I saw it when my friend was reading it one day. So I naturally want to read it as well.

So... is it worth buying and reading?


----------



## lisajane (Mar 2, 2005)

No. I don't recommend either.


----------



## blademasterzzz (Mar 2, 2005)

Honestly, it's just american publishing junk. And despite his assertion about researching his places, he makes gaping errors. 


It IS quite fun to read, however.


----------



## Londongrey (Mar 3, 2005)

I would only recommend this book if you appreciate the message it portrays.  I personally have a dislike of religious institutions and found many of the connections made within the book interesting books to look into and study further.

This book felt almost like an introduction to a novel, like a first draft with promise that doesn't quite deliver.  You do tend to work out the plot before it is exposed, something very irritating leading to an anti-climax.  I haven't read any other of Dan Browns books because The Da Vinci Code was a bit of a turn-off.  I know Paris very well having lived there so at quite a few points I was thinking 'What the hell!!!'.

If you want some light reading that perhaps leads to you researching yourself into many of the links then I recommend it.  If you are looking for entertainment and fulfillment then don't read it.


----------



## Saponification (Mar 9, 2005)

Terrible.

Worth buying?
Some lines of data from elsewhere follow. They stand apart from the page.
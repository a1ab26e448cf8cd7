//! The readers for a driver before a pull: whether there is something to send, and how much.

ghost use Rattle.std.specs.Prelude.{◌≡◌, ◌<◌, ℕ, length, is_none};
ghost use Rattle.wf_frame.specs.Frames.{FrameValue};
ghost use Rattle.wf_frame.specs.declared.notes.Ask.TheVariants.{Pull};
ghost use Rattle.wf_frame.specs.declared.notes.Limits.{Limits};
ghost use Rattle.wf_frame.specs.declared.notes.Note.TheVariants.{Asked};
ghost use Rattle.wf_def_agreement.specs.Session.{waiting_numbers};
ghost use Rattle.wf_def_world.specs.FlowQueues.{frames_queued};
ghost use Rattle.wf_def_world.specs.Refusals.{refusal};
ghost use Rattle.wf_def_world.specs.World.{World, rotation, session};
ghost use Rattle.wf_send_half.specs.Half.{IsLive};
ghost use Rattle.wf_send_half.specs.Listed.{list_of};
ghost use Rattle.wf_send_half_model.specs.Standing.{StandsFor};

use crate::Path;
use wf_frame::Class;
use wf_rotation::Side;

impl Path {
    /// Returns whether a pull of a class would send now, whatever its limits: exactly if it would be refused
    /// neither as Full nor as Ahead nor as Idle.
    pub fn can_pull(&self, class: Class) -> bool
        ensures { (w : World) (bodies : ℕ → FrameValue) → StandsFor self.now.half w bodies →
            (limits : Limits) → result ≡ is_none (refusal w (Asked (Pull class limits))) }
    {
        self.half.can_pull(class)
    }

    /// Returns how many frames of a live station's TID, 0 to 7, are in flow queues.
    pub fn queued(&self, station: u16, tid: u8) -> u32
        requires live { IsLive self.now.half station }
        requires tid { tid < 8 }
        ensures { (w : World) (bodies : ℕ → FrameValue) → StandsFor self.now.half w bodies →
            result ≡ frames_queued w station tid }
    {
        self.half.queued(station, tid)
    }

    /// Returns the list of a class that a station is on, the new one or the old one. None if it is on
    /// neither, as a station that is not live. Two stations that stay on the old list share the airtime
    /// fairly.
    pub fn listed(&self, station: u16, class: Class) -> Option<Side>
        ensures { (w : World) (bodies : ℕ → FrameValue) → StandsFor self.now.half w bodies →
            result ≡ list_of (rotation w class) station }
    {
        self.half.listed(station, class)
    }

    /// Returns how many sequence numbers of a live station's TID, 0 to 7, wait to be sent.
    pub fn waiting(&self, station: u16, tid: u8) -> u32
        requires live { IsLive self.now.half station }
        requires tid { tid < 8 }
        ensures { (w : World) (bodies : ℕ → FrameValue) → StandsFor self.now.half w bodies →
            result ≡ length (waiting_numbers (session w station tid)) }
    {
        self.half.window(station, tid).waiting_count()
    }
}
No way.

Worth reading? Sure.

They're the worst books you'll ever finish.


----------



## Kajarow (Mar 9, 2005)

Agreed.

It was a big disappointment when I read The Divinci Code. I expected better.


----------



## relishdress (Apr 8, 2005)

The DaVinci Code does not live up to the hype. It was interesting towards the middle, but it took 200 pages to get interesting and only lasted maybe 35.


----------



## Saponification (Apr 8, 2005)

It's masochistic reading.


----------



## badwriter1000 (Apr 13, 2005)

Do what I did.

Take your brain, disconnect it, and read. You will enjoy both books. 

I found both fun to read. I think because the Da Vinci Code has become so popular. People put waaaaaaaaay too much weight into what the book says. 

Angels and Demons was  very visual and a great yarn. It actually is a good read for right now with the Conclave about to begin for a new pope. The book takes place just after the death of a pope. 

Both are works of fiction and again, a fun read. 

Buy em' or borrow em'. I have all four of his books and while I would not call him one of my favorites. He is good.


----------



## Novicewriter (Apr 13, 2005)

Personally i've never read both nor have the desire to....after all they are works of FICTION.... sure he's taken something that is real and well, "jazzed" it up so to speak.   Just my opinion though.

NW


----------



## bittersweet_breeze (May 6, 2005)

relishdress said:
			
		

> The DaVinci Code does not live up to the hype. It was interesting towards the middle, but it took 200 pages to get interesting and only lasted maybe 35.



I agree totally.  Something to say 'yeah I've read' to other people but not something that I particularly enjoyed.  I didn't think it was that well written to be honest, so I never even attempted Angels and Demons.


----------



## Akumu (May 9, 2005)

badwriter1000 said:
			
		

> Take your brain, disconnect it, and read. You will enjoy both books.



Exactly what I was about to say. You beat me to it  .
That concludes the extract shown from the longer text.